И я не мог не отметить, что несмотря на работу в выходной день, настроение у руководителя столичного отделения КФБ было замечательным.

*****

Первый вечерний соловей старательно выводил свою трель, спрятавшись в густых зарослях жимолости, лёгкий весенний ветерок разносил по поместью Никитиных сладкий аромат черёмухи, а Мила сидела за столом и наблюдала, как красное закатное солнце приближается к линии горизонта. Сестра её Ольга Родионовна, желая в полной мере насладиться тёплым воскресным вечером, велела прислуге накрыть ужин на улице.

Девушки давно закончили трапезу, но уходить из-за стола не спешили. Вечер располагал к долгой приятной беседе за чашкой чая. Супруг Ольги Родионовны Андрей Павлович задержался допоздна в Петербурге, куда выехал по неотложным делам ещё утром, и весь вечер княгиня собиралась посвятить общению с сестрой. У Милы были такие же планы. Правда, в отличие от сестры, Мила знала, что очень скоро этот вечер перестанет быть таким замечательным.

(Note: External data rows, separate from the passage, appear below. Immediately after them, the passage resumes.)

//! The change that an accepted command makes to the state. Nothing here allocates: `reserve_one`
//! reserved the memory.
use crate::resolved::Resolved;
use crate::state::State;
use ob_base::{Crew, Life, Name};
use ob_command::CauseCode;
use ob_cust::Customer;
use ob_net::{Device, Node};
use ob_sheet::Entry;

impl State {
    ghost use Rattle.std.specs.Prelude.{◌≡◌, ◌<◌, ◌≤◌, None, length, set};
    ghost use Rattle.ob_base.specs.Life.{life_refusal};
    ghost use Rattle.ob_net.specs.Network.{CanJoin, HasFeederOrNone, node_refusal, with_joined, with_life, with_node};
    ghost use Rattle.ob_state.specs.Effects.{with_network};
    ghost use Rattle.ob_state.specs.Resolved.{CanTake, IsCorrection, IsNewCustomer, IsNextEntry, IsOtherService, IsWithdrawal, changed_by, next_by};

    /// Makes the change of an accepted command.
    pub fn change(&mut self, resolved: &Resolved)
        requires takes { CanTake self.old.state resolved.now }
        requires few { self.old.state.accepted < 1_000_000 }
        requires room { 0 < self.old.room }
        ensures state { self.new.state ≡ next_by self.old.state resolved.now }
        ensures searches { self.new.searches ≡ self.old.searches }
        ensures no_more_room { self.new.room ≤ self.old.room }
    {
        self.change_parts(resolved);
        self.accepted += 1;
    }

    // Makes the change, except for the number of accepted commands.
    fn change_parts(&mut self, resolved: &Resolved)
        requires takes { CanTake self.old.state resolved.now }
        requires room { 0 < self.old.room }
        ensures state { self.new.state ≡ changed_by self.old.state resolved.now }
        ensures searches { self.new.searches ≡ self.old.searches }
        ensures no_more_room { self.new.room ≤ self.old.room }
    {
        match *resolved {
            Resolved::Cause { code, name } => self.name_cause(code, name),
            Resolved::Node { node, .. } => self.add_node(node),
            Resolved::Device { device, .. } => self.join(device),
            Resolved::Life { device, new, .. } => self.set_life(device, new),
            Resolved::Customer(customer) => self.connect(customer),
            Resolved::Service { old, new } => self.revise(old, new),
            Resolved::Entered(entry) => self.enter(entry),
            Resolved::Corrected { old, new } => self.correct(old, new),
            Resolved::Withdrawn { old, new } => self.withdraw(old, new),
            Resolved::Marked { day, engineer } => self.mark(day, Some(engineer)),
            Resolved::Unmarked { day } => self.mark(day, None),
        }
    }

    fn name_cause(&mut self, code: CauseCode, name: Name)
        ensures state { self.new.state ≡ changed_by self.old.state (Resolved.Cause code name) }
        ensures searches { self.new.searches ≡ self.old.searches }
        ensures no_more_room { self.new.room ≤ self.old.room }
    {
        self.causes.put(code.get(), name);
    }

    /// Adds a node whose name is not in use.
    pub(crate) fn add_node(&mut self, node: Node)
        requires room { 0 < self.old.room }
        requires free { node_refusal self.old.state.network node.name ≡ None }
        requires feeder { HasFeederOrNone node }
        ensures state { self.new.state ≡ with_network self.old.state
            (with_node self.old.state.network node) }
        ensures searches { self.new.searches ≡ self.old.searches }
        ensures no_more_room { self.new.room ≤ self.old.room }
    {
        self.net.add_node(node);
    }

    /// Adds a device that the network accepts.
    pub(crate) fn join(&mut self, device: Device)
        requires room { 0 < self.old.room }
        requires joins { CanJoin self.old.state.network device }
        ensures state { self.new.state ≡ with_network self.old.state
            (with_joined self.old.state.network device) }
        ensures searches { self.new.searches ≡ self.old.searches }
        ensures no_more_room { self.new.room ≤ self.old.room }
    {
        self.net.join(device);
    }

    /// Sets the in-service interval (`life`) of a device.
    pub(crate) fn set_life(&mut self, device: u16, life: Life)
        requires device { device < length self.old.state.network.devices }
        requires life { life_refusal life ≡ None }
        ensures state { self.new.state ≡ with_network self.old.state
            (with_life self.old.state.network device life) }
        ensures searches { self.new.searches ≡ self.old.searches }
        ensures no_more_room { self.new.room ≤ self.old.room }
    {
        self.net.give_life(device, life);
    }

    fn connect(&mut self, customer: Customer)
        requires takes { IsNewCustomer self.old.state customer }
        requires room { 0 < self.old.room }
        ensures state { self.new.state ≡ changed_by self.old.state (Resolved.Customer customer) }
        ensures searches { self.new.searches ≡ self.old.searches }
        ensures no_more_room { self.new.room ≤ self.old.room }
    {
        self.roll.add(customer);
    }

    fn revise(&mut self, old: Customer, new: Customer)
        requires { IsOtherService self.old.state old new }
        ensures state { self.new.state ≡ changed_by self.old.state (Resolved.Service old new) }
        ensures searches { self.new.searches ≡ self.old.searches }
        ensures no_more_room { self.new.room ≤ self.old.room }
    {
        self.roll.serve(old, new);
    }

    fn enter(&mut self, entry: Entry)
        requires takes { IsNextEntry self.old.state entry }
        requires room { 0 < self.old.room }
        ensures state { self.new.state ≡ changed_by self.old.state (Resolved.Entered entry) }
        ensures searches { self.new.searches ≡ self.old.searches }
        ensures no_more_room { self.new.room ≤ self.old.room }
    {
        self.sheet.add(entry);
    }

    fn correct(&mut self, old: Entry, new: Entry)
        requires { IsCorrection self.old.state old new }
        ensures state { self.new.state ≡ changed_by self.old.state (Resolved.Corrected old new) }
        ensures searches { self.new.searches ≡ self.old.searches }
        ensures no_more_room { self.new.room ≤ self.old.room }
    {
        self.sheet.replace(old, new);
    }

    fn withdraw(&mut self, old: Entry, new: Entry)
        requires { IsWithdrawal self.old.state old new }
        ensures state { self.new.state ≡ changed_by self.old.state (Resolved.Withdrawn old new) }
        ensures searches { self.new.searches ≡ self.old.searches }
        ensures no_more_room { self.new.room ≤ self.old.room }
    {
        let _ = self.sheet.entry(old.no);
        self.sheet.replace(old, new);
    }

    // Sets the major event day flag of a day, with the engineer's name, or clears it.
    fn mark(&mut self, day: u16, engineer: Option<Crew>)
        requires { day < length self.old.state.marks }
        ensures state { self.new.state
            ≡ record (self.old.state) { marks = set self.old.state.marks day engineer } }
        ensures searches { self.new.searches ≡ self.old.searches }
        ensures no_more_room { self.new.room ≤ self.old.room }
    {
        self.marks.put(day, engineer);
    }
}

На душе у девушки было тяжело. Она, как могла, оттягивала начало неприятного разговора, но в итоге взяла себя в руки и произнесла:

— Оля, мне нужно серьёзно с тобой поговорить.

— Я внимательно слушаю тебя, Лизонька, — ответила Ольга, она всегда называла сестру её настоящим именем.

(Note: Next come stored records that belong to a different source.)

ghost use Rattle.std.specs.Prelude.{◌≡◌, ◌≤◌};
ghost use Rattle.context.specs.Field.{next_sequence};
ghost use Rattle.context.specs.Compressor.{deltas_after, moved, step_of, first, first_step, stepped};

use crate::{due, judge, run, send};
use context::compressor::{CompressorContext, Earlier, Usage};
use context::kept::{Deltas, Link};
use context::step::{DueNow, Judged, Kind, Step};
use packet::header::Header;

#[tactic(auto, unfolding(context::specs::Field::next_sequence))]
pub fn next_sequence(s: u8) -> u8
    ensures { result ≡ next_sequence s }
{
    (s % Link::SEQUENCES + 1) % Link::SEQUENCES
}

#[tactic(auto, unfolding(context::specs::Compressor::deltas_after))]
fn keep_deltas(kept: Deltas, j: Judged) -> Deltas
    ensures { result ≡ deltas_after kept j }
{
    Deltas {
        id: if j.did { j.deltas.id } else { kept.id },
        timestamp: if j.dts {
            j.deltas.timestamp
        } else {
            kept.timestamp
        },
    }
}

#[tactic(auto, unfolding(context::specs::Compressor::moved))]
fn move_on(n: u8, h: Header, c: CompressorContext, j: Judged) -> CompressorContext
    ensures { result ≡ moved n h c j }
{
    CompressorContext {
        ip: h.ip,
        rtp: h.rtp,
        csrc: h.csrc,
        blank: h.checksum == 0,
        deltas: keep_deltas(c.deltas, j),
        earlier: Earlier {
            known: true,
            id: j.deltas.id,
            timestamp: j.deltas.timestamp,
        },
        due: due::count_due(n, c.due, j),
        link: Link {
            sequence: next_sequence(c.link.sequence),
            ..c.link
        },
        ..c
    }
}

// Any packet after a context's first.
pub fn next_packet(n: u8, h: Header, c: CompressorContext) -> Step
    requires { n ≤ 14 }
    ensures { stepped result ≡ step_of n h c }
{
    let begun = run::begin(n, h, c);
    let ready = judge::reset_deltas(begun);
    let j = judge::judge(h, ready);
    let now = due::due_now(ready.due, j);
    let any = due::any_due(now);
    let next = move_on(n, h, ready, j);
    Step {
        kind: send::choose_kind(ready.due.full, any),
        link: ready.link,
        parts: send::carry(h, now, any, next.deltas),
        context: next,
    }
}

#[tactic(auto, unfolding(context::specs::Compressor::first))]
fn first_context(n: u8, h: Header, link: Link) -> CompressorContext
    ensures { result ≡ first n h link }
{
    CompressorContext {
        status: Usage::Live,
        flow: h.flow,
        ip: h.ip,
        rtp: h.rtp,
        csrc: h.csrc,
        blank: h.checksum == 0,
        deltas: Deltas {
            id: 1,
            timestamp: 0,
        },
        earlier: Earlier {
            known: false,
            id: 0,
            timestamp: 0,
        },
        due: due::only_full(n),
        link: Link {
            sequence: next_sequence(link.sequence),
            ..link
        },
    }
}

// A context's first packet, with the given link sequence and generation: those of whatever used the context before.
#[tactic(auto, unfolding(context::specs::Compressor::first_step, context::specs::Compressor::first,))]
pub fn first_packet(n: u8, h: Header, link: Link) -> Step
    ensures { stepped result ≡ first_step n h link }
{
    let now = DueNow {
        id: false,
        sequence: false,
        timestamp: false,
        payload: false,
        list: false,
        did: false,
        dts: false,
    };
    let next = first_context(n, h, link);
    Step {
        kind: Kind::FullHeader,
        link,
        parts: send::carry(h, now, false, next.deltas),
        context: next,
    }
}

— Возможно, мне скоро придётся уехать.

— Надолго?

— Не знаю. Если всё сложится не очень удачно, то надолго — возможно, навсегда.

— Что случилось? — воскликнула Ольга.

— Ничего.

— Я тебя не понимаю. Если ничего не случилось, то почему ты должна куда-то уезжать навсегда?

— Мне предложили работу.

— Какую?

— Пока не знаю, — ответила Мила.

— Как это не знаешь? — удивилась Ольга.

— Пока мне лишь предложили сходить на собеседование, если это можно так назвать. Но примерно я представляю, что меня ждёт.

— Что же?

— То, что я умею делать лучше всего.

— Но разве тебе нужна такая работа? Зачем тебе вообще работа? Ты ведь ни в чём не нуждаешься!

— Не могу я, Оленька, так жить, — тяжело вздохнула Мила. — Не могу.